## Records supplied
· · · · ·

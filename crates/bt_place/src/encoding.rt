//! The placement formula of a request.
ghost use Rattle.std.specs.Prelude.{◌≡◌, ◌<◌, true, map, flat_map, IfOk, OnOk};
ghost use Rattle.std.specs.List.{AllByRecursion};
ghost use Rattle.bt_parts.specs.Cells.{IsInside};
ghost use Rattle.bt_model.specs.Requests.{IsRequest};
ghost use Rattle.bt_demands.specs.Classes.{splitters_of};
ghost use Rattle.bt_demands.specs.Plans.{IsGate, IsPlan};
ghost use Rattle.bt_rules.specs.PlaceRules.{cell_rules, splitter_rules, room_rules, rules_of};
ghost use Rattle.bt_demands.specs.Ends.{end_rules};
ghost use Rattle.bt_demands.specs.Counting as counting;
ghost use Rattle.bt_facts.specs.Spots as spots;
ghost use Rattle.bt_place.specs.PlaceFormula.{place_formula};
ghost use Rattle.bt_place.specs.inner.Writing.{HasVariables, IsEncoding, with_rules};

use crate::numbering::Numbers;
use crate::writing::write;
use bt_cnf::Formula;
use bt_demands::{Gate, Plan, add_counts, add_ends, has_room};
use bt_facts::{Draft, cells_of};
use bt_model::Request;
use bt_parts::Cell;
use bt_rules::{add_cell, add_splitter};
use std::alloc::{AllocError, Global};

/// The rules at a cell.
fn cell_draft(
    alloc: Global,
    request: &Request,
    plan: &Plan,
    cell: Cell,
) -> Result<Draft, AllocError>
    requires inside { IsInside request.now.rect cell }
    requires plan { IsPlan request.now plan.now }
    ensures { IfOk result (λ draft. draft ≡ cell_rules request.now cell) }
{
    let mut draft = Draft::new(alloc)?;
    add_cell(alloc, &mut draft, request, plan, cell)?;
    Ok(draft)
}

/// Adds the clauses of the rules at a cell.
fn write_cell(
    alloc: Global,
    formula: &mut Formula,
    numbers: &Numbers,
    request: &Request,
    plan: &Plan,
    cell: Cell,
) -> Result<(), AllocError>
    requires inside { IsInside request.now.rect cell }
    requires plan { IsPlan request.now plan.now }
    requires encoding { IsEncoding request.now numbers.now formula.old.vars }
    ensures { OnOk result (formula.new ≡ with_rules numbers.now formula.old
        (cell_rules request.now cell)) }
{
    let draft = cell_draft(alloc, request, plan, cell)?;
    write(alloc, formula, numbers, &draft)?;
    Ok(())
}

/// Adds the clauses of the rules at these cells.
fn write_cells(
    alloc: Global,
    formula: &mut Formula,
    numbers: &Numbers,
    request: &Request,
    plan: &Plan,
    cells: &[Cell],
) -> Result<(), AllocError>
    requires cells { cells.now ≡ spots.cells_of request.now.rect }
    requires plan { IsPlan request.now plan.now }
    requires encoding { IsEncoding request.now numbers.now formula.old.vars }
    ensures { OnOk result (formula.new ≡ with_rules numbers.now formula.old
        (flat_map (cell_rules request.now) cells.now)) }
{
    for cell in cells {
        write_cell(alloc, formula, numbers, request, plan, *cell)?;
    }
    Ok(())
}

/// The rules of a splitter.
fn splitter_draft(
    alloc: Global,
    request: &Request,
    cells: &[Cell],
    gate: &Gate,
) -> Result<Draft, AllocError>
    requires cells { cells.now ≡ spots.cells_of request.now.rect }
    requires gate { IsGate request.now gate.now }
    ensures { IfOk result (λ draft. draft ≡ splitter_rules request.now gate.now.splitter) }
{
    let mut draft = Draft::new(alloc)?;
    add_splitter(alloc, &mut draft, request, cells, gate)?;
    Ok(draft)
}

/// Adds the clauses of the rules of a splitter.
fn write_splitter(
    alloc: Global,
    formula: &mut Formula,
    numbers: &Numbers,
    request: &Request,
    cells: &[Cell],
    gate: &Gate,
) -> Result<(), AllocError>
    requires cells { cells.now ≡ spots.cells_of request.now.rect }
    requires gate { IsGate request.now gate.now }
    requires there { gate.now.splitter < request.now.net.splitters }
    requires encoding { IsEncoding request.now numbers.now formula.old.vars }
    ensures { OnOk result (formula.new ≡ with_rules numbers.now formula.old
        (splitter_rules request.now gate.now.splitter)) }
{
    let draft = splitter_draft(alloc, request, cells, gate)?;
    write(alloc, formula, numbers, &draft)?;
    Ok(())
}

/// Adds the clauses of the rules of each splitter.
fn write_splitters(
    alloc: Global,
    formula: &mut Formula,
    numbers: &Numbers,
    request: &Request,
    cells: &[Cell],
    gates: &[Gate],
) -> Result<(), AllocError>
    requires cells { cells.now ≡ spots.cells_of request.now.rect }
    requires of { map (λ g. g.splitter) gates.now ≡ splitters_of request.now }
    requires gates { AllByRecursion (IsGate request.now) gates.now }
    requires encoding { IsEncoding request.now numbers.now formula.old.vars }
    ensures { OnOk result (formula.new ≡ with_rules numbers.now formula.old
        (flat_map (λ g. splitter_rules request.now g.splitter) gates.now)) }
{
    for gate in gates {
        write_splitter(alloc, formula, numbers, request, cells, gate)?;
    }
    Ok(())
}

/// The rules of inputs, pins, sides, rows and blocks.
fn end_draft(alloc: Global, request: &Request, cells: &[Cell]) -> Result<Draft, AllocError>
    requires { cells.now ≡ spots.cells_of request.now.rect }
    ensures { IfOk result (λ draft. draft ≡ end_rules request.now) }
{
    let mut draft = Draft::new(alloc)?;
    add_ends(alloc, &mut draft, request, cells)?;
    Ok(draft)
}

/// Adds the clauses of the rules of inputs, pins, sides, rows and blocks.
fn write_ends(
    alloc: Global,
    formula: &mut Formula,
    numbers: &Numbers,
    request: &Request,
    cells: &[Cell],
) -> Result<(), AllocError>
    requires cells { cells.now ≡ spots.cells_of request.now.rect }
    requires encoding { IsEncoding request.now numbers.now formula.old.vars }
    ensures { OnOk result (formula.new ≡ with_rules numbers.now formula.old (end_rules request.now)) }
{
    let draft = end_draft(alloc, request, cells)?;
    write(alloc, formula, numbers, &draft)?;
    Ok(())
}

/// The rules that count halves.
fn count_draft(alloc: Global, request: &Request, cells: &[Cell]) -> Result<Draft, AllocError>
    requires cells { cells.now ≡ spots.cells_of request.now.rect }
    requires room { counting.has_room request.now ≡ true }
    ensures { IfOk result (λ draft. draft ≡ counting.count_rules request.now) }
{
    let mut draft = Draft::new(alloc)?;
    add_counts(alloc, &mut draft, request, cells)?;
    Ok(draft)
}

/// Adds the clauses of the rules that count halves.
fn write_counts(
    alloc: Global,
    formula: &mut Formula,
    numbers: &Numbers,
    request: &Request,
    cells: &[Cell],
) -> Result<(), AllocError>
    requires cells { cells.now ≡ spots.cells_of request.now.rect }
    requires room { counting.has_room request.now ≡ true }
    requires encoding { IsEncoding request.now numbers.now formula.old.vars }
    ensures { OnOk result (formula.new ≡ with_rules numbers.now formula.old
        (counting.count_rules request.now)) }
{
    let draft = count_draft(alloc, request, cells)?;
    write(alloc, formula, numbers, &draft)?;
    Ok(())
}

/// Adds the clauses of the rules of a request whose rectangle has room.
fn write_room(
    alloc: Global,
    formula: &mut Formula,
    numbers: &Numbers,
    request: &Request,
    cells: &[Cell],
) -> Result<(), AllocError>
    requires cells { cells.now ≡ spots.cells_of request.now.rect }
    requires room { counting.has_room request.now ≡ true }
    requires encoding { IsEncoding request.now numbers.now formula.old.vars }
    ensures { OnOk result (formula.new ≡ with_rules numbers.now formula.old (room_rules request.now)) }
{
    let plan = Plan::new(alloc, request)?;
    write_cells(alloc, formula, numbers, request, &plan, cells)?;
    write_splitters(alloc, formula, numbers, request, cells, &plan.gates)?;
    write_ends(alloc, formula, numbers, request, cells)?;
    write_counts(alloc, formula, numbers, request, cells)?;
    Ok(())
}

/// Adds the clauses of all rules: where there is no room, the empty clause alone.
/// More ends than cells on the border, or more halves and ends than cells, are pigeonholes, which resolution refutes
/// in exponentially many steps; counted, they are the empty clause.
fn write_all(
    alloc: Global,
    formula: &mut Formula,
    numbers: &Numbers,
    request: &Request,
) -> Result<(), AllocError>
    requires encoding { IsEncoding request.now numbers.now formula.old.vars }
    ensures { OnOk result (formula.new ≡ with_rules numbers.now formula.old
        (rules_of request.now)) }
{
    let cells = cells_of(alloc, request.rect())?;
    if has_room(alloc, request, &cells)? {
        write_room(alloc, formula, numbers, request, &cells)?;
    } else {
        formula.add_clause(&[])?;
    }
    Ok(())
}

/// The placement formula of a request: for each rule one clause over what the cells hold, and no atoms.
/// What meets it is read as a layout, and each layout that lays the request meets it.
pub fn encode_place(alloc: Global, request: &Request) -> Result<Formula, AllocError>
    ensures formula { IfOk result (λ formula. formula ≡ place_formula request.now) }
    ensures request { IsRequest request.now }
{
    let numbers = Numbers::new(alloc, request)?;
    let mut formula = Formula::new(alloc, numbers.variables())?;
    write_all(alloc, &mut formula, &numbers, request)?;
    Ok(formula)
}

· · · · ·

Going through the entries above, count the lines that have the word "IsRequest" and state that count alone.

## Answer for this exercise
2